What to produce: In the records below, find the line with "is then unchanged." and the line with "values handle value.". Print both exactly, along with every line between them, and no other line.

=-=-=-=-=

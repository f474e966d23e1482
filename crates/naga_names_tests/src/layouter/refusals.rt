//! Updates and checks in which allocations may fail.
use super::{TYPES, UNSOUND, at, module_with};
use naga_ir::Module;
use naga_layouter::{InvalidLayouts, LayoutErrorInner, Layouter, check_layouts, sizes_are_known};
use naga_valid::check_handles;
use std::alloc::Global;

/// Updates a layouter. Returns whether it has all layouts, or none if allocation failed.
fn has_all_or_none(layouter: &mut Layouter, module: &Module) -> bool {
    let ctx = module.to_ctx();
    if !sizes_are_known(ctx) {
        return false;
    }
    match layouter.update(ctx) {
        Ok(()) => layouter.as_slice().len() == 3,
        Err(error) => {
            error.ty == at(0)
                && error.inner == LayoutErrorInner::Memory
                && layouter.get(at(0)).is_none()
        }
    }
}

#[test]
fn a_refused_update_keeps_the_layouts(rt: HostRuntime) {
    let Some(module) = module_with(rt.alloc(), TYPES) else {
        return;
    };
    let mut layouter = Layouter::new(rt.alloc());
    assert!(rt; has_all_or_none(&mut layouter, &module));
}

/// Returns whether the check finds the type without a layout, or lacks memory.
fn finds_or_lacks_memory(alloc: Global, module: &Module) -> bool {
    if check_handles(module).is_err() {
        return false;
    }
    match check_layouts(alloc, module) {
        Ok(()) => false,
        Err(InvalidLayouts::Memory) => true,
        Err(InvalidLayouts::Fault(fault)) => fault.ty == at(3),
    }
}

#[test]
fn a_refused_check_finds_nothing(rt: HostRuntime) {
    let Some(module) = module_with(rt.alloc(), UNSOUND) else {
        return;
    };
    assert!(rt; finds_or_lacks_memory(rt.alloc(), &module));
}

/// Returns whether the check passes, or lacks memory.
fn passes_or_lacks_memory(alloc: Global, module: &Module) -> bool {
    check_handles(module).is_ok()
        && matches!(
            check_layouts(alloc, module),
            Ok(()) | Err(InvalidLayouts::Memory)
        )
}

#[test]
fn a_refused_check_finds_no_fault(rt: HostRuntime) {
    let Some(module) = module_with(rt.alloc(), TYPES) else {
        return;
    };
    assert!(rt; passes_or_lacks_memory(rt.alloc(), &module));
}
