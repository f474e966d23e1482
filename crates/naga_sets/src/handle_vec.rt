//! Vectors indexed by handles.
ghost use Rattle.std.specs.Prelude.{◌≡◌, ◌<◌, ◌==◌, ◌++◌, ◌∷◌, [], Some, OnOk, OnErr, IfOk, length, slice_get, option_copied};
ghost use Rattle.std.specs.Option.{option_copied_mut};
ghost use Rattle.std.specs.Borrow.{sem};
ghost use Rattle.naga_sets.specs.HandleVec.{resized};

mod iter;

pub use iter::HandleVecIter;
use naga_arena::{Handle, KindName};
use std::alloc::{AllocError, Global};
use std::marker::{Model, PhantomData};
use std::{fmt, ops};

/// A vector indexed by [`Handle`]s.
///
/// A `HandleVec<T, U>` is a `Vec<U>` whose indices are of type `Handle<T>` instead of `usize`. It grows only at the
/// end, and [`insert`] takes the handle at which the new value should appear, so that handles and values cannot get out
/// of step.
///
/// In contracts, a vector is the list of its values.
///
/// [`insert`]: HandleVec::insert
#[derive(Drop)]
pub struct HandleVec<T, U> {
    inner: Vec<U>,
    as_keys: PhantomData<T>,
}

impl<T, U> Model for HandleVec<T, U> {
    ghost use Rattle.std.specs.Prelude.{List};

    ghost Value = { List U };

    ghost view = { λ v. v.inner.items };
}

impl<T: KindName, U> HandleVec<T, U> {
    ghost use Rattle.naga_sets.specs.Lends.{lends_value, lends_get};

    /// Creates an empty vector.
    ///
    /// This does not allocate.
    pub fn new(alloc: Global) -> Self
        ensures { result ≡ [] }
    {
        HandleVec {
            inner: Vec::new(alloc),
            as_keys: PhantomData,
        }
    }

    /// Creates an empty vector with capacity for `capacity` values.
    ///
    /// Returns `Err` if allocation fails.
    pub fn with_capacity(alloc: Global, capacity: usize) -> Result<Self, AllocError>
        ensures { IfOk result (λ values. values ≡ []) }
    {
        Ok(HandleVec {
            inner: Vec::with_capacity(alloc, capacity)?,
            as_keys: PhantomData,
        })
    }

    /// Returns the number of values.
    pub fn len(&self) -> usize
        ensures { result ≡ length self.now }
    {
        self.inner.len()
    }

    /// Returns whether there are no values.
    ///
    /// Differs from naga: naga has no such method.
    pub fn is_empty(&self) -> bool
        ensures { result ≡ (length self.now == 0) }
    {
        self.inner.is_empty()
    }

    /// Appends the value for a handle.
    ///
    /// Returns `Err` if allocation fails. The vector is then unchanged and `value` is dropped.
    ///
    /// The caller must ensure that the index of `handle` is the length of the vector.
    ///
    /// Differs from naga: naga panics if it is not.
    pub fn insert(&mut self, handle: Handle<T>, value: U) -> Result<(), AllocError>
    where
        U: Drop,
        requires { handle ≡ length self.old }
        ensures inserted { OnOk result (self.new ≡ self.old ++ value ∷ []) }
        ensures unchanged { OnErr result (self.new ≡ self.old) }
    {
        prove_eq!(handle.index(), self.inner.len());
        self.inner.push(value)?;
        Ok(())
    }

    /// Returns a reference to the value for a handle, or `None` if there is none.
    pub fn get(&self, handle: Handle<T>) -> Option<&U>
        ensures { option_copied result ≡ slice_get self.now handle }
    {
        self.inner.get(handle.index())
    }

    /// Returns a mutable reference to the value for a handle, or `None` if there is none.
    ///
    /// Differs from naga: naga has `iter_mut` instead.
    pub fn get_mut(&mut self, handle: Handle<T>) -> Option<&mut U>
        ensures* writes_back { sem 𝓛 (lends_get T.row U.row self.entry handle result) }
        ensures value { option_copied_mut result ≡ slice_get self.old handle }
    {
        self.inner.get_mut(handle.index())
    }

    /// Removes all values.
    pub fn clear(&mut self)
    where
        U: Drop,
        ensures { self.new ≡ [] }
    {
        self.inner.clear();
    }

    /// Truncates the vector to `len` values, or appends clones of `fill` until there are `len` values.
    ///
    /// Returns `Err` if allocation fails. The vector is then unchanged.
    ///
    /// The caller must ensure that every clone of `fill` is identical to `fill`.
    ///
    /// Differs from naga: naga has no such precondition.
    pub fn resize(&mut self, len: usize, fill: U) -> Result<(), AllocError>
    where
        U: Clone + Drop,
        requires { (copy : U) → U.is_clone fill copy → copy ≡ fill }
        ensures resized { OnOk result (self.new ≡ resized self.old len fill) }
        ensures unchanged { OnErr result (self.new ≡ self.old) }
    {
        self.inner.resize(len, fill)?;
        Ok(())
    }

    /// Returns an iterator over the values, in the order of their handles.
    pub fn iter(&self) -> HandleVecIter<'_, U>
        ensures { result ≡ self.now }
    {
        HandleVecIter::new(self.inner.as_slice())
    }
}

/// Returns a reference to the value for a handle.
///
/// The caller must ensure that there is a value for the handle.
///
/// Differs from naga: naga panics if there is none.
impl<T: KindName, U> ops::Index<Handle<T>> for HandleVec<T, U> {
    type Output = U;

    ghost can_index = { λ values handle. handle < length values };

    ghost index_gives = { λ values handle value. slice_get values handle ≡ Some value };

    fn index(&self, handle: Handle<T>) -> &U {
        &self.inner[handle.index()]
    }
}

impl<T: KindName, U> ops::IndexMut<Handle<T>> for HandleVec<T, U> {
    ghost use Rattle.naga_sets.specs.Lends.{lends_value};

    fn index_mut(&mut self, handle: Handle<T>) -> &mut U
        requires { handle < length self.old }
        ensures* writes_back { sem 𝓛 (lends_value T.row U.row self.entry handle result) }
        ensures value { slice_get self.old handle ≡ Some result.now }
    {
        &mut self.inner[handle.index()]
    }
}

/// Formats the vector as a list of its values, in the order of their handles.
impl<T: KindName, U: fmt::Debug> fmt::Debug for HandleVec<T, U> {
    fn fmt<W: fmt::Write>(&self, f: &mut fmt::Formatter<W>) -> fmt::Result {
        f.debug_list().entries(self.iter()).finish()
    }
}
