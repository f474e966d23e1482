//! Laws of meanings, by topic.

pub mod calls;
pub mod closing;
pub mod examples;
pub mod jumps;
pub mod redirecting;
pub mod renaming;
pub mod replacing;
pub mod runs;
pub mod switches;
pub mod things;
pub mod uses;
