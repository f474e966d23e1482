//! The check of layouts, and its laws.
use super::{TYPES, UNSOUND, at, module_with};
use naga_layouter::laws::{accesses_stay_inside, leaves_do_not_meet, leaves_lie_inside};
use naga_layouter::{InvalidLayouts, LayoutCause, LayoutErrorInner, LayoutFault, check_layouts};
use naga_valid::check_handles;
use std::alloc::Global;

/// Returns the result of the check of a module with these types, or `None` if allocation fails or a handle is not valid.
fn result_of(alloc: Global, types: &str) -> Option<Result<(), InvalidLayouts>> {
    let module = module_with(alloc, types)?;
    if check_handles(&module).is_ok() {
        Some(check_layouts(alloc, &module))
    } else {
        None
    }
}

/// Returns whether the check finds that a type has no layout.
fn finds_type_without_layout(alloc: Global) -> bool {
    let fault = LayoutFault {
        ty: at(3),
        member: None,
        cause: LayoutCause::NoLayout(LayoutErrorInner::NonPowerOfTwoWidth),
    };
    result_of(alloc, UNSOUND) == Some(Err(InvalidLayouts::Fault(fault)))
}

#[test]
fn layouts_are_checked(rt: HostRuntime) {
    assert!(rt; result_of(rt.alloc(), TYPES) == Some(Ok(())));
    assert!(rt; finds_type_without_layout(rt.alloc()));
    leaves_do_not_meet();
    leaves_lie_inside();
    accesses_stay_inside();
}
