//! What function bodies of the shader IR compute, and laws that passes keep it.
//!
//! A body has a meaning under an interpretation: functions that say what each operator computes, what each statement
//! does to a state and whether it ends the run, how a value decides a condition, and which case a switch enters, by the
//! values of its selector and cases. The meaning is the outcome: the final state, how the body ended, and the value that
//! it returned. The laws hold for every interpretation, every bound on the turns of loops and every start.
//!
//! There is nothing to call here. Each law is a function that does nothing and whose contract states the law.
//! `specs/Values.antt` defines interpretations and outcomes, `specs/Functions.antt` the meaning of a function,
//! `specs/Readings.antt` which expressions are evaluated where they are used, and `specs/Things.antt` what the handles of
//! a module represent.
#![tactic(auto)]

pub mod laws;
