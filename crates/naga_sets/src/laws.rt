//! Laws of sets of handles.
ghost use Rattle.std.specs.Prelude.{◌≡◌, ◌≤◌, ℕ, List, Result, OnOk, OnErr, true, length};
ghost use Rattle.std.specs.FinSet as set;
ghost use Rattle.std.specs.Ordering.{nat_cmp};
ghost use Rattle.naga_sets.specs.HandleSet.{BoundedSet, EmptiesInSteps, InsertsBefore, InsertsItems, IsGreatest, YieldsHandles, with_members};
ghost use Rattle.std.specs.declared.alloc.AllocError.{AllocError};

use naga_arena::{Handle, KindName};

/// If a set is emptied by removing the greatest member again and again, the number of steps is the number of members.
pub fn pops_are_as_many_as_members()
    ensures { (handles : BoundedSet) (after : List BoundedSet)
        → EmptiesInSteps handles after → length after ≡ set.len handles.members }
{}

/// No member is above the greatest one.
pub fn greatest_member_is_above_all_others()
    ensures { (members : set.FinSet nat_cmp) (greatest member : ℕ)
        → IsGreatest members greatest → set.contains members member ≡ true → member ≤ greatest }
{}

/// A set has at most one greatest member.
pub fn greatest_member_is_unique()
    ensures { (members : set.FinSet nat_cmp) (first second : ℕ)
        → IsGreatest members first → IsGreatest members second → first ≡ second }
{}

/// If an iterable always yields the same handles, inserting its items inserts these handles. If allocation fails, it
/// inserts those before a handle at or above the bound.
pub fn yielded_handles_are_inserted<T: KindName, I: IntoIterator<Item = Handle<T>>>()
    ensures all { (iter : I) (handles : List ℕ) (old new : BoundedSet) (result : Result (Unit {0}) AllocError)
        → YieldsHandles I.into_iter_gives I.IntoIter.next_gives iter handles
        → InsertsItems I.into_iter_gives I.IntoIter.next_gives iter old new result
        → OnOk result (new ≡ with_members old handles) }
    ensures before { (iter : I) (handles : List ℕ) (old new : BoundedSet) (result : Result (Unit {0}) AllocError)
        → YieldsHandles I.into_iter_gives I.IntoIter.next_gives iter handles
        → InsertsItems I.into_iter_gives I.IntoIter.next_gives iter old new result
        → OnErr result (InsertsBefore handles old new) }
{}
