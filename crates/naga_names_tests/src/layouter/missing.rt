//! Types that refer to what the module does not have, which no JSON of a module does.
use super::at;
use naga_arena::{Handle, Span};
use naga_ir::{ArraySize, Module, Override, StructMember, Type, TypeInner};
use naga_layouter::{LayoutErrorInner, Layouter, sizes_are_known};
use std::alloc::Global;

/// Returns a module with a type, or `None` if allocation fails.
fn module_of_type(alloc: Global, inner: TypeInner) -> Option<Module> {
    let mut module = Module::new(alloc);
    let ty = Type { name: None, inner };
    module.types.insert(ty, Span::UNDEFINED).ok()?;
    Some(module)
}

/// Returns why the only type of a module has no layout, or `None` if it has one.
fn error_of(alloc: Global, module: &Module) -> Option<LayoutErrorInner> {
    let ctx = module.to_ctx();
    if !sizes_are_known(ctx) {
        return None;
    }
    let mut layouter = Layouter::new(alloc);
    match layouter.update(ctx) {
        Ok(()) => None,
        Err(error) => Some(error.inner),
    }
}

/// Returns an array of a size.
fn array(base: u8, size: ArraySize) -> TypeInner {
    TypeInner::Array {
        base: at(base),
        size,
        stride: 4,
    }
}

/// Returns whether an array whose elements have no type before it has no layout.
fn lacks_elements(alloc: Global, base: u8) -> bool {
    let Some(module) = module_of_type(alloc, array(base, ArraySize::Dynamic)) else {
        return false;
    };
    error_of(alloc, &module) == Some(LayoutErrorInner::InvalidArrayElementType(at(base)))
}

/// Returns a structure of one member, or `None` if allocation fails.
fn structure(alloc: Global, ty: u8) -> Option<TypeInner> {
    let mut members = Vec::new(alloc);
    let member = StructMember {
        name: None,
        ty: at(ty),
        binding: None,
        offset: 0,
    };
    members.push(member).ok()?;
    Some(TypeInner::Struct { members, span: 4 })
}

/// Returns whether a structure whose member has no type before it has no layout.
fn lacks_member(alloc: Global, ty: u8) -> bool {
    let Some(inner) = structure(alloc, ty) else {
        return false;
    };
    let Some(module) = module_of_type(alloc, inner) else {
        return false;
    };
    error_of(alloc, &module) == Some(LayoutErrorInner::InvalidStructMemberType(0, at(ty)))
}

/// Returns whether the size of an array with a missing override is not known.
fn lacks_override(alloc: Global) -> bool {
    let size = ArraySize::Pending(Handle::<Override>::at(0));
    match module_of_type(alloc, array(0, size)) {
        Some(module) => !sizes_are_known(module.to_ctx()),
        None => false,
    }
}

#[test]
fn types_come_before_those_that_consist_of_them(rt: HostRuntime) {
    assert!(rt; lacks_elements(rt.alloc(), 0) && lacks_elements(rt.alloc(), 7));
    assert!(rt; lacks_member(rt.alloc(), 0) && lacks_member(rt.alloc(), 7));
    assert!(rt; lacks_override(rt.alloc()));
}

=-=-=-=-=

Response:
    /// Returns `Err` if allocation fails. The vector is then unchanged.
    ///
    /// The caller must ensure that every clone of `fill` is identical to `fill`.
    ///
    /// Differs from naga: naga has no such precondition.
    pub fn resize(&mut self, len: usize, fill: U) -> Result<(), AllocError>
    where
        U: Clone + Drop,
        requires { (copy : U) → U.is_clone fill copy → copy ≡ fill }
        ensures resized { OnOk result (self.new ≡ resized self.old len fill) }
        ensures unchanged { OnErr result (self.new ≡ self.old) }
    {
        self.inner.resize(len, fill)?;
        Ok(())
    }

    /// Returns an iterator over the values, in the order of their handles.
    pub fn iter(&self) -> HandleVecIter<'_, U>
        ensures { result ≡ self.now }
    {
        HandleVecIter::new(self.inner.as_slice())
    }
}

/// Returns a reference to the value for a handle.
///
/// The caller must ensure that there is a value for the handle.
///
/// Differs from naga: naga panics if there is none.
impl<T: KindName, U> ops::Index<Handle<T>> for HandleVec<T, U> {
    type Output = U;

    ghost can_index = { λ values handle. handle < length values };

    ghost index_gives = { λ values handle value. slice_get values handle ≡ Some value };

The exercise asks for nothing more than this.